Bonus: TOPPINGS! You can add any of your favorite toppings that you’d typically put on your cheeseburger once the casserole is done cooking. I love to add lettuce, avocado, fresh tomatoes, and pickles. But you should also know that this casserole is just as good without the toppings! My husband prefers it with no toppings and it’s still one of his favorite recipes.
Let’s Get Cooking
Start by preheating the oven to 400 degrees. Dice the onion and add it to the skillet with the heated extra virgin olive oil. Cook on high heat until the onions are translucent and then add the ground turkey to the skillet. Continue to cook on medium-high heat until the ground turkey is browned. I like to start washing and peeling the potatoes while the turkey is browning to save some time. Set the peeled potatoes aside and drain the grease from the skillet once the turkey is browned.
Drain and rinse the canned tomatoes and dice them into smaller pieces. Add the tomatoes, salt, pepper, garlic powder, and nacho queso to the skillet and cook on low heat for 5 minutes. Cook the bacon in the microwave for 4 1/2 minutes. If it still needs more time, continue to cook in the microwave for 30 second increments until it is crispy.
While the filling and bacon are cooking, cut the peeled potatoes into thin (about 1/4 inch) slices. Using a mandoline slicer makes this much easier but a knife will also work. Cut the cooked bacon into small pieces and add it into the cheeseburger filling. Place about half of the potato slices on the bottom of a 9 by 13 casserole dish making sure that it is evenly covered. Pour the cheeseburger filling from the skillet on top of the potatoes. Layer the remaining sliced potatoes on top of the filling and sprinkle with salt and pepper. Bake at 400 degrees for 45 minutes. If you want the top layer of potatoes to get crispy, broil the casserole for 5 minutes.
If you try this Bacon Cheeseburger Casserole, make sure to tag me on Instagram @theglutenfreegrasses so I can see! You can also let me know what you think by leaving a comment below.

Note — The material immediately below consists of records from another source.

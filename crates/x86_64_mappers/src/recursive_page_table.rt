//! The mapper that reaches page tables through the root's entry for itself, and the windows (pages) at which it finds
//! them.
ghost use Rattle.std.specs.Prelude.{◌≡◌, Some, bit_or};
ghost use Rattle.std.specs.Borrow.{sem};
ghost use Rattle.x86_64_model.specs.Memory.{word};
ghost use Rattle.x86_64_model.specs.Hierarchy.{Valid};
ghost use Rattle.x86_64_tables.specs.PageTableFlags.{bits_of};
ghost use Rattle.x86_64_mappers.specs.InvalidPageTables.{is_root_window};
ghost use Rattle.x86_64_mappers.specs.Layouts.{root_table};
ghost use Rattle.x86_64_mappers.specs.RefusedMappers.{RestsUnlessMade};
ghost use Rattle.x86_64_mappers.specs.Recursive.{recursive_now_at, by_number, ValidThrough};

mod made;
mod walked_tables;
mod windows;

use crate::walk::TableAccess;
use bitflags::Flags;
use made::made;
use std::fmt::{Display, Formatter, Result as FmtResult, Write};
use std::marker::PhantomData;
pub use walked_tables::WalkedTables;
use windows::{window, window_position};
pub use windows::{
    p1_window, p1_window as p1_window_57, p2_window, p2_window as p2_window_57, p3_window,
    p3_window as p3_window_57, p4_window_57,
};
use x86_64_addr::addr::VirtAddrIn;
use x86_64_addr::index::PageTableIndex;
use x86_64_addr::level_count::{FiveLevels, FourLevels, LevelCount};
use x86_64_page::frame::PhysFrame;
use x86_64_page::page::{PageSize, Size4KiB};
use x86_64_tables::page_table::{PageTable, PageTableFlags};
use x86_64_tables::page_tables::{Tables, TablesIn};
use x86_64_tables::phys_memory::{Active, PhysMemory};

/// The reason why no recursive mapper was created.
#[derive(Clone, Copy, Debug, PartialEq)]
pub enum InvalidPageTable {
    /// The address has indices that differ, or an offset in the page other than 0.
    NotRecursive,
    /// The table isn't the one at which page walks start, or its entry at the index lacks `PRESENT`, has `HUGE_PAGE`
    /// or doesn't name the table.
    NotActive,
}

impl Display for InvalidPageTable {
    fn fmt<W: Write>(&self, f: &mut Formatter<W>) -> FmtResult {
        f.write_str(match self {
            InvalidPageTable::NotRecursive => "given page table address is not recursive",
            InvalidPageTable::NotActive => "given page table is not active on the CPU",
        })
    }
}

/// A mapper for a hierarchy of `L` levels of page tables, which reaches each table at its window. The window is a
/// page whose walk goes through the root's entry for itself, and through the tables as they are at that moment. The
/// index of that entry is the recursive index. The mapper is handed no memory.
///
/// A new table's entry gets `PRESENT` and `WRITABLE` in addition to the parent flags, since the table can be reached
/// only once the entry names it. For the same reason a map clears the table after that, so if a processor walks these
/// tables meanwhile, the frames of the allocator have to hold only zeros. For an address that begins with the recursive
/// index, [`translate`](crate::mapper::Translate::translate) and [`translate_page`](crate::mapper::Mapper::translate_page)
/// follow the rest of its path, as the processor does.
#[derive(Drop)]
pub struct Recursive<A, L> {
    active: A,
    index: PageTableIndex,
    self_flags: PageTableFlags,
    levels: PhantomData<L>,
}

/// A [`Recursive`] mapper for an active memory with any number of levels of page tables.
pub type RecursivePageTableIn<'a, L, T = PhysMemory> = Recursive<Active<'a, L, T>, L>;

/// A [`Recursive`] mapper for an active memory with four levels of page tables.
pub type RecursivePageTable<'a, T = PhysMemory> = RecursivePageTableIn<'a, FourLevels, T>;

/// A [`Recursive`] mapper for an active memory with five levels of page tables.
pub type RecursivePageTable57<'a, T = PhysMemory> = RecursivePageTableIn<'a, FiveLevels, T>;

impl<'a, L: LevelCount> RecursivePageTableIn<'a, L> {
    ghost use Rattle.std.specs.Prelude.{◌↔◌, None, IsOk, IfOk, IfErr};
    ghost use Rattle.x86_64_model.specs.Position.{index};
    ghost use Rattle.x86_64_tables.specs.ActiveMemory.{memory_of, cr3_of};
    ghost use Rattle.x86_64_mappers.specs.InvalidPageTables.{invalid_table};
    ghost use Rattle.x86_64_mappers.specs.Recursive.{active_in, layout_through};

    /// Creates a mapper for the hierarchy whose root is the table in a frame, given the address of the root's window.
    ///
    /// If it is refused, no word changes.
    ///
    /// Requires that the hierarchy is valid for the index of the address, unless [`refusal`](Self::refusal) returns
    /// an error.
    ///
    /// # Errors
    ///
    /// The error that [`refusal`](Self::refusal) returns.
    pub fn new(
        active: Active<'a, L>,
        table: PhysFrame<Size4KiB>,
        virt: VirtAddrIn<L>,
    ) -> Result<Self, InvalidPageTable>
        requires { invalid_table L.LEVELS active table virt ≡ None
            → ValidThrough L.LEVELS (memory_of active) (cr3_of active) (index L.LEVELS virt) }
        ensures* unchanged { sem 𝓛 (RestsUnlessMade active.entry result) }
        ensures active { IfOk result (λ mapper. active_in mapper ≡ active.entry) }
        ensures layout { IfOk result (λ mapper. (⟦<Self as Tables>⟧.hierarchy mapper).layout
            ≡ layout_through L.LEVELS active.entry (index L.LEVELS virt)) }
        ensures made { IsOk result ↔ (invalid_table L.LEVELS active.entry table virt ≡ None) }
        ensures refused { IfErr result (λ why. invalid_table L.LEVELS active.entry table virt ≡ Some why) }
    {
        let refusal = Self::refusal(&active, table, virt);
        let index = virt.root_index();
        let self_flags = Self::flags_unless(refusal, &active, index);
        let why = refusal.unwrap_or(InvalidPageTable::NotActive);
        made(active, refusal.is_none(), index, self_flags, why)
    }
}

impl<A: WalkedTables<L>, L: LevelCount> Recursive<A, L> {
    ghost use Rattle.std.specs.Prelude.{None};
    ghost use Rattle.x86_64_mappers.specs.InvalidPageTables.{refuses_at};
    ghost use Rattle.x86_64_mappers.specs.Recursive.{active_in};

    /// Returns the reason why no mapper is created for a table at an address, or `None` if one is.
    ///
    /// The reason is `NotRecursive` if the address isn't that of a root's window, and otherwise `NotActive` if the
    /// table isn't the one at which page walks start, or its entry at the index lacks `PRESENT`, has `HUGE_PAGE` or
    /// doesn't name the table.
    pub fn refusal(
        active: &A,
        table: PhysFrame<Size4KiB>,
        virt: VirtAddrIn<L>,
    ) -> Option<InvalidPageTable>
        ensures { result ≡ refuses_at L.LEVELS (A.memory active.now) (A.root active.now) table virt }
    {
        if !is_root_window::<L>(virt) {
            return Some(InvalidPageTable::NotRecursive);
        }
        let index = virt.root_index();
        if table != active.cr3() || !active.self_entry(index) {
            return Some(InvalidPageTable::NotActive);
        }
        None
    }

    /// Creates a mapper with a recursive index for the hierarchy whose root is in the frame at which page walks start.
    ///
    /// Requires that the hierarchy is valid for the index, and that the root's entry at the index is present, lacks
    /// `HUGE_PAGE` and names the root.
    pub fn new_unchecked(active: A, index: PageTableIndex) -> Self
        requires { ValidThrough L.LEVELS (A.memory active) (A.root active) index }
        ensures active { active_in result ≡ active }
        ensures layout { (⟦<Self as Tables>⟧.hierarchy result).layout
            ≡ recursive_now_at L.LEVELS (A.memory active) (A.root active) index }
    {
        let self_flags = self_flags::<A, L>(&active, index);
        Recursive {
            active,
            index,
            self_flags,
            levels: PhantomData,
        }
    }

    /// Returns the flags of the root's entry at an index, or no flags if the mapper is refused.
    fn flags_unless(
        refusal: Option<InvalidPageTable>,
        active: &A,
        index: PageTableIndex,
    ) -> PageTableFlags
        requires { refusal ≡ None → ValidThrough L.LEVELS (A.memory active.now) (A.root active.now) index }
        ensures { refusal ≡ None → bit_or (A.root active.now) (bits_of result)
            ≡ word (by_number (A.memory active.now)) (A.root active.now) index }
    {
        match refusal {
            Some(_) => PageTableFlags::empty(),
            None => self_flags::<A, L>(active, index),
        }
    }
}

impl<A: WalkedTables<L>, L: LevelCount> Recursive<A, L> {
    ghost use Rattle.x86_64_mappers.specs.Recursive.{LendsRootWindowAt};

    /// Returns the root's table, through its window.
    fn root_window(&self) -> &PageTable
        requires { Valid (⟦<Self as Tables>⟧.hierarchy self.now) }
        ensures { root_table (⟦<Self as Tables>⟧.hierarchy self.now) ≡ Some result.now }
    {
        self.table(&[], self.active.cr3())
    }

    /// Lends the root's table through its window, to be changed.
    fn root_window_mut(&mut self) -> &mut PageTable
        requires { Valid (⟦<Self as Tables>⟧.hierarchy self.old) }
        ensures* lends { sem 𝓛 (
            LendsRootWindowAt A.row L.row A.with_table self.entry (A.root self.old.active) result) }
        ensures value { root_table (⟦<Self as Tables>⟧.hierarchy self.old) ≡ Some result.now }
    {
        let root = self.active.cr3();
        self.table_mut(&[], root)
    }
}

impl<A: WalkedTables<FourLevels>> Recursive<A, FourLevels> {
    ghost use Rattle.x86_64_mappers.specs.Recursive.{LendsRootWindow};

    /// Returns the table of level four, through its window.
    ///
    /// Requires that the hierarchy is valid.
    pub fn level_4_table(&self) -> &PageTable
        requires { Valid (⟦<Self as Tables>⟧.hierarchy self.now) }
        ensures { root_table (⟦<Self as Tables>⟧.hierarchy self.now) ≡ Some result.now }
    {
        self.root_window()
    }

    /// Lends the table of level four through its window, to be changed. When the loan ends, the table has the words
    /// that were written to it.
    ///
    /// Requires that the hierarchy is valid. Other calls of the mapper require that it is valid after the changes.
    pub fn level_4_table_mut(&mut self) -> &mut PageTable
        requires { Valid (⟦<Self as Tables>⟧.hierarchy self.old) }
        ensures* lends { sem 𝓛 (
            LendsRootWindow A.row A.with_table self.entry (A.root self.old.active) result) }
        ensures value { root_table (⟦<Self as Tables>⟧.hierarchy self.old) ≡ Some result.now }
    {
        self.root_window_mut()
    }
}

impl<A: WalkedTables<FiveLevels>> Recursive<A, FiveLevels> {
    ghost use Rattle.x86_64_mappers.specs.Recursive.{LendsRootWindow57};

    /// Returns the table of level five, through its window.
    ///
    /// Requires that the hierarchy is valid.
    pub fn level_5_table(&self) -> &PageTable
        requires { Valid (⟦<Self as Tables>⟧.hierarchy self.now) }
        ensures { root_table (⟦<Self as Tables>⟧.hierarchy self.now) ≡ Some result.now }
    {
        self.root_window()
    }

    /// Lends the table of level five through its window, to be changed. When the loan ends, the table has the words
    /// that were written to it.
    ///
    /// Requires that the hierarchy is valid. Other calls of the mapper require that it is valid after the changes.
    pub fn level_5_table_mut(&mut self) -> &mut PageTable
        requires { Valid (⟦<Self as Tables>⟧.hierarchy self.old) }
        ensures* lends { sem 𝓛 (
            LendsRootWindow57 A.row A.with_table self.entry (A.root self.old.active) result) }
        ensures value { root_table (⟦<Self as Tables>⟧.hierarchy self.old) ≡ Some result.now }
    {
        self.root_window_mut()
    }
}

/// Returns true if an address is the root's window: its indices are all equal, and its offset in the page is 0.
fn is_root_window<L: LevelCount>(addr: VirtAddrIn<L>) -> bool
    ensures { result ≡ is_root_window L.LEVELS addr }
{
    addr.position() == window_position::<L>(addr.root_index(), &[])
}

/// Returns the flags of the root's entry for itself.
fn self_flags<A: WalkedTables<L>, L: LevelCount>(
    active: &A,
    index: PageTableIndex,
) -> PageTableFlags
    requires { ValidThrough L.LEVELS (A.memory active.now) (A.root active.now) index }
    ensures { bit_or (A.root active.now) (bits_of result)
        ≡ word (by_number (A.memory active.now)) (A.root active.now) index }
{
    let table = active.table(window::<L>(index, &[]).position()).unwrap();
    table[usize::from(index)].flags()
}

impl<A: WalkedTables<L>, L: LevelCount> Tables for Recursive<A, L> {
    ghost use Rattle.x86_64_mappers.specs.private.ImplLaws.{present_writable, numbers_are_mapping};
    ghost use Rattle.x86_64_mappers.specs.Recursive.{owned_by, window_with};

    ghost Lent = { A.Lent };

    ghost hierarchy = { λ mapper. let root = A.root mapper.active in
        owned_by L.LEVELS root (window_with root mapper.index (bits_of mapper.self_flags))
        (A.memory mapper.active) (A.lent mapper.active) };

    ghost added_flags = { λ _. present_writable };

    fn recursive_index(&self) -> Option<PageTableIndex> {
        Some(self.index)
    }

    ghost at_least_four = { λ _. L.at_least_four };

    ghost at_most_five = { λ _. L.at_most_five };

    ghost is_mapping = { λ _. numbers_are_mapping };
}

impl<A: WalkedTables<L>, L: LevelCount> TablesIn<L> for Recursive<A, L> {
    ghost use Rattle.std.proofs.Common.{refl};

    ghost level_count = { λ _. refl };
}

impl<A: WalkedTables<L>, L: LevelCount> TableAccess for Recursive<A, L> {
    ghost use Rattle.std.proofs.Common.{false, ap};
    ghost use Rattle.x86_64_mappers.specs.Recursive.{recursive_at, window_with};

    ghost with_table = { λ mapper frame table.
        record mapper { active = A.with_table mapper.active frame table } };

    fn root(&self) -> PhysFrame<Size4KiB> {
        self.active.cr3()
    }

    fn new_table_flags(&self) -> PageTableFlags {
        PageTableFlags::PRESENT.union(PageTableFlags::WRITABLE)
    }

    fn table(&self, path: &[PageTableIndex], _frame: PhysFrame<Size4KiB>) -> &PageTable {
        self.active
            .table(window::<L>(self.index, path).position())
            .unwrap()
    }

    fn table_mut(
        &mut self,
        path: &[PageTableIndex],
        _frame: PhysFrame<Size4KiB>,
    ) -> &mut PageTable {
        let addr = window::<L>(self.index, path);
        let position = addr.position();
        self.active.table_mut(position).unwrap()
    }

    ghost reaches_unnamed = { false };

    fn clear_unnamed(&mut self, _frame: PhysFrame<Size4KiB>) -> bool {
        false
    }

    ghost puts = { λ mapper frame table there. A.puts mapper.active frame table there };

    ghost keeps_layout = { λ mapper frame table.
        ap (λ root. recursive_at L.LEVELS root (window_with root mapper.index (bits_of mapper.self_flags)))
        (A.keeps_root mapper.active frame table) };

    ghost keeps_lent = { λ mapper frame table. A.keeps_lent mapper.active frame table };
}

Enjoy!
-Kelsey
Bacon Cheeseburger Casserole (Dairy Free & Gluten Free)
Course: Lunch, DinnerDifficulty: Moderate6
servings30
minutes45
minutes1
hour15
minutesIngredients
4 large russet potatoes
1 sweet onion
1 Tablespoon extra virgin olive oil
2 lbs ground turkey
1 can (14.5 ounces) diced tomatoes
2 teaspoons salt
1/2 teaspoon pepper
2 teaspoons garlic powder
5 pieces of bacon
1 can (10.8 ounces) Siete Mild Nacho Cashew Queso
Directions
- Start by preheating the oven to 400 degrees. Dice the onion and add it to the skillet with the heated extra virgin olive oil. Cook on high heat until the onions are translucent and then add the ground turkey to the skillet. Continue to cook on medium-high heat until the ground turkey is browned.

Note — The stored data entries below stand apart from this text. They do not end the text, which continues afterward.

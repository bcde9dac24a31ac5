//! Mappers, which read and change the page tables of a physical memory that is lent to them.
#![tactic(auto)]

pub mod calls;
pub mod laws;
pub mod mapped_page_table;
pub mod mapper;
pub mod offset_page_table;
pub mod recursive_page_table;
mod walk;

- Wash and peel the potatoes while the turkey is browning. Set the peeled potatoes aside and drain the grease from the skillet once the ground turkey is browned. Drain and rinse off the canned tomatoes and dice them into smaller pieces. Add the tomatoes, salt, pepper, garlic powder, and nacho queso to the skillet. Continue to cook on low heat for 5 minutes. Cook the bacon in the microwave for 4 1/2 minutes. If it still needs to more time, continue to cook in the microwave for 30 second increments until it is crispy.

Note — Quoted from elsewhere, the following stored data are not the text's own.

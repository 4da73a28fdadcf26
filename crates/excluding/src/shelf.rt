//! A shelf without the files that are left out.
ghost use Rattle.std.specs.Prelude.{◌≡◌, IfOk, map};
ghost use Rattle.std.specs.List.{filter};
ghost use Rattle.globs.specs.Globs.{whole_of};
ghost use Rattle.folders.specs.Shelf.{path_bytes};
ghost use Rattle.excluding.specs.Excluding.{is_kept};

use benc::DeviceFault;
use folders::{Shelf, ShelfFault};
use globs::{Glob, is_left_out};
use std::alloc::{AllocError, Global};
use std::mem;

/// A shelf whose listing leaves out the files that one of some globs matches, or a folder above
/// them. What is left out can still be opened. The listing fails as that of the shelf inside does,
/// also for what has a path that would be left out.
#[derive(Drop)]
pub struct Excluding<'g, S: Shelf> {
    shelf: S,
    alloc: Global,
    globs: &'g [Glob],
}

impl<'g, S: Shelf> Excluding<'g, S> {
    /// This shelf, without what these globs leave out.
    pub fn new(alloc: Global, shelf: S, globs: &'g [Glob]) -> Excluding<'g, S>
        ensures shelf { result.shelf ≡ shelf }
        ensures globs { result.globs.now ≡ globs.entry.now }
    {
        Excluding {
            shelf,
            alloc,
            globs,
        }
    }

    /// The shelf inside.
    pub fn into_inner(self) -> S
        ensures { result ≡ self.entry.shelf }
    {
        self.shelf
    }
}

// These paths, without those that are left out.
fn kept(
    alloc: Global,
    globs: &[Glob],
    mut paths: Vec<Vec<String>>,
) -> Result<Vec<Vec<String>>, AllocError>
    ensures { IfOk result (λ kept. map path_bytes kept.items
        ≡ filter (is_kept (map whole_of globs.now)) (map path_bytes paths.items)) }
{
    let mut row = Vec::new(alloc);
    let mut kept = Vec::with_capacity(alloc, paths.len())?;
    'paths: for number in 0..paths.len() {
        if !is_left_out(alloc, globs, &mut row, &paths[number])? {
            let path = mem::replace(&mut paths[number], Vec::new(alloc));
            kept.push_reserved(path);
        }
    }
    Ok(kept)
}

impl<'g, S: Shelf> Shelf for Excluding<'g, S> {
    type File = S::File;

    ghost use Rattle.excluding.specs.Excluding.{ListsWithout, contents_without};
    ghost use Rattle.std.specs.Prelude.{map};
    ghost use Rattle.globs.specs.Globs.{whole_of};

    ghost contents = { λ s. contents_without (map whole_of s.globs.now) (S.contents s.shelf) };

    ghost lists = { λ s answer t. ListsWithout S.lists (map whole_of s.globs.now) s.shelf answer
        t.shelf };

    ghost opens = { λ s path answer t. S.opens s.shelf path answer t.shelf };

    ghost closes = { λ s file t. S.closes s.shelf file t.shelf };

    ghost faults = { λ s. S.faults s.shelf };

    fn list(&mut self) -> Result<Vec<Vec<String>>, ShelfFault> {
        let paths = self.shelf.list()?;
        Ok(kept(self.alloc, self.globs, paths)?)
    }

    fn open(&mut self, path: &[&str]) -> Result<Option<Self::File>, DeviceFault> {
        self.shelf.open(path)
    }

    fn close(&mut self, file: Self::File) {
        self.shelf.close(file)
    }

    fn failures(&self) -> u64 {
        self.shelf.failures()
    }
}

- While the filling and bacon are cooking, cut the peeled potatoes into thin (about 1/4 inch) slices. Using a mandoline slicer makes this much easier but a knife will also work. Cut the cooked bacon into small pieces and add it to the cheeseburger filling. Place about half of the potato slices on the bottom of a 9 by 13 casserole dish making sure that it is evenly covered. Pour the cheeseburger filling from the skillet on top of the potatoes. Layer the remaining sliced potatoes on top of the filling and sprinkle with salt and pepper. Bake at 400 degrees for 45 minutes. If you want the top layer of potatoes to get crispy, broil the casserole for 5 minutes.